A dexterous micro manipulation system was developed for applications such as assembling micro machines, manipulating cells, and micro surgery. We (1996, 1999) have proposed a concept of a two fingered micro hand, and designed and built a prototype. We succeeded in performing basic micro manipulations, including the grasp, release, and rotation of a microscopic object. The two-fingered micro hand prototype needs to be more miniaturized for higher accuracy and use in the small chamber of SEM. In this paper, we propose a new 3-DOF parallel mechanism for the micromanipulator in order to achieve low cost and small size. The new mechanism is only used for punching holes and bending a thin plate. The two-fingered micro hand with the mechanism was designed and a prototype developed. An experiment shows the excellent micro capability of the mechanism.

Robotic Assist for MR-Guided Surgery Using Leverage and Parallelepiped Mechanism

In this paper, we would propose a novel mechanism of surgical manipulator, which assists the surgeon in precise positioning and handling of surgical devices, like biopsy needle, endscope, in MR-guided surgery. This mechanism can transmit 3 translational and 3 rotational motion from the outside to the inside of MR imaging area using leverage and parallelepiped mechanism. Such a remote actuation is significantly helpful for robotic assist under MR-guided surgery because the strong magnet of MR denies the existence of magnetic and electric devices around imaging area. This mechanism also has merits of the mechanical safety and simple shape. The combination of stereotactic imaging and precise positioning would enable a less invasive surgery in brain and spine surgery.

Restriction on the arrangement of laser trackers in laser trilateration

Laser trilateration is an effective technique for measuring three-dimensional coordinates. Taking advantage of a fourth laser tracker, the positions of all four laser trackers can be determined by a self-calibration algorithm. We show a restriction on the arrangement of laser trackers, namely, no tracker must exist on the plane defined by the other three trackers. A method of evaluating the measurement results is also discussed.

Coaxial Needle Insertion Assistant With Enhanced Force Feedback

Many medical procedures involving needle insertion into soft tissues, such as anesthesia, biopsy, brachytherapy, and placement of electrodes, are performed without image guidance. In such procedures, haptic detection of changing tissue properties at different depths during needle insertion is important for needle localization and detection of subsurface structures. However, changes in tissue mechanical properties deep inside the tissue are difficult for human operators to sense, because the relatively large friction force between the needle shaft and the surrounding tissue masks the smaller tip forces. A novel robotic coaxial needle insertion assistant, which enhances operator force perception, is presented. This one-degree-of-freedom cable-driven robot provides to the operator a scaled version of the force applied by the needle tip to the tissue, using a novel design and sensors that separate the needle tip force from the shaft friction force. The ability of human operators to use the robot to detect membranes embedded in artificial soft tissue was tested under the conditions of 1) tip force and shaft force feedback, and 2) tip force only feedback. The ratio of successful to unsuccessful membrane detections was significantly higher (up to 50%) when only the needle tip force was provided to the user.

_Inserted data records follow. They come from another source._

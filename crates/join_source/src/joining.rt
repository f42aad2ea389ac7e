ghost use Rattle.std.specs.Prelude.{◌≡◌, ◌≢◌, ◌≤◌, ◌<◌, ◌+◌, All, IfErr, IfOk, IsOk, IsTrue, MatchOption, None, length, map, min};
ghost use Rattle.dap_types.specs.View.{dataset_view};
ghost use Rattle.dap_types.specs.WellFormed.{IsWellFormed};
ghost use Rattle.das_text.specs.View.{attributes_view};
ghost use Rattle.netcdf_source.specs.Mapping.{records_of, HaveSameShape};
ghost use Rattle.join_source.specs.Causes.{FirstToDiffer, IsCause};
ghost use Rattle.join_source.specs.Joins.{headers_in, members_in, name_in};
ghost use Rattle.join_source.specs.Members.{CanJoin, all_records, contents_of, first_of, joined_attributes, joined_dataset};
ghost use Rattle.join_source.specs.declared.refusal.JoinRefusal.TheVariants.{Memory as WantOfMemory};

use crate::{JoinRefusal, Joined};
use dap_types::{Bytes, Dataset, List, Memory, limits};
use das_text::Attributes;
use netcdf_source::Header;
use std::alloc::Global;

/// The most records of all files.
const MOST_RECORDS: u64 = limits::MOST_ELEMENTS;

/// Joins files along the record dimension, by their headers. `file_name` is the name of the list.
///
/// # Errors
///
/// The first of `NoRecord`, `Differs` and `TooManyRecords`, or `Memory` where memory was wanted.
pub fn join(alloc: Global, headers: List<Header>, file_name: &[u8]) -> Result<Joined, JoinRefusal>
    requires some { 1 ≤ length headers }
    requires many { length headers ≤ 64 }
    ensures headers { IfOk result (λ j. headers_in j ≡ headers) }
    ensures name { IfOk result (λ j. name_in j ≡ file_name.now) }
    ensures can_join { IfOk result (λ j. CanJoin (members_in j)) }
    ensures first_cause { IfErr result (IsCause (contents_of headers)) }
{
    let items = headers.items();
    if items[0].records().is_none() {
        return Err(JoinRefusal::NoRecord);
    }
    if let Some(line) = first_to_differ(items) {
        return Err(JoinRefusal::Differs { line });
    }
    let records = sum_of(items);
    if records > MOST_RECORDS {
        return Err(JoinRefusal::TooManyRecords);
    }
    let file_name = Bytes::new(alloc, file_name)?;
    Ok(Joined {
        headers,
        file_name,
        records,
    })
}

/// The number, from 1, of the first header that has not the shape of the first one.
fn first_to_differ(headers: &[Header]) -> Option<u32>
    requires some { 1 ≤ length headers.now }
    requires many { length headers.now ≤ 64 }
    ensures { MatchOption result (All (HaveSameShape (first_of (contents_of headers.now))) (contents_of headers.now)) (λ line. FirstToDiffer (contents_of headers.now) line) }
{
    for (k, header) in headers.iter().enumerate() {
        if !headers[0].same_shape(header) {
            return Some(k as u32 + 1);
        }
    }
    None
}

/// The records of all headers, or one more than there may be.
fn sum_of(headers: &[Header]) -> u64
    requires { All (λ h. records_of h.contents ≢ None) headers.now }
    ensures { result ≡ min (all_records (contents_of headers.now)) 2147483648 }
{
    let mut records: u64 = 0;
    for header in headers {
        let own = header.records().unwrap_or(0);
        records = records.saturating_add(own).min(MOST_RECORDS + 1);
    }
    records
}

impl Joined {
    /// The dataset of the files: that of the first, with the records of all (DAP 2.0, DDS).
    pub fn dataset(&self, alloc: Global) -> Result<Dataset, Memory>
        ensures joined { IfOk result (λ d. dataset_view d ≡ joined_dataset (members_in self.now) (name_in self.now)) }
        ensures well_formed { IfOk result (λ d. IsWellFormed (dataset_view d)) }
    {
        self.headers.items()[0].dataset_with(alloc, self.file_name.bytes(), self.records)
    }

    /// The attributes of the first file (DAP 2.0, DAS).
    pub fn attributes(&self, alloc: Global) -> Result<Attributes, Memory>
        ensures { IfOk result (λ a. attributes_view a ≡ joined_attributes (members_in self.now)) }
    {
        self.headers.items()[0].attributes(alloc)
    }
}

Remote actuation mechanism for MR-compatible manipulator using leverage and parallelogram - workspace analysis, workspace control, and stiffness evaluation

In this paper, a novel mechanism of remote actuation was proposed and its mechanical problems were discussed. This mechanism consists of leverage and parallelogram mechanism and transmits 3 d.o.f translational and 3 d.o.f rotational motions from the input to output. Such a remote actuation is significantly useful for robotic assist around MRI where the strong and precise magnet is used for imaging, because mutual effect between MRI and robot are inverse proportional to the distance. In this paper, the basic ideas of mechanism were introduced firstly. The discussions of its stiffness and workspace conclude their trade-off. Our new idea of workspace control for mechanical safety is preliminary discussed.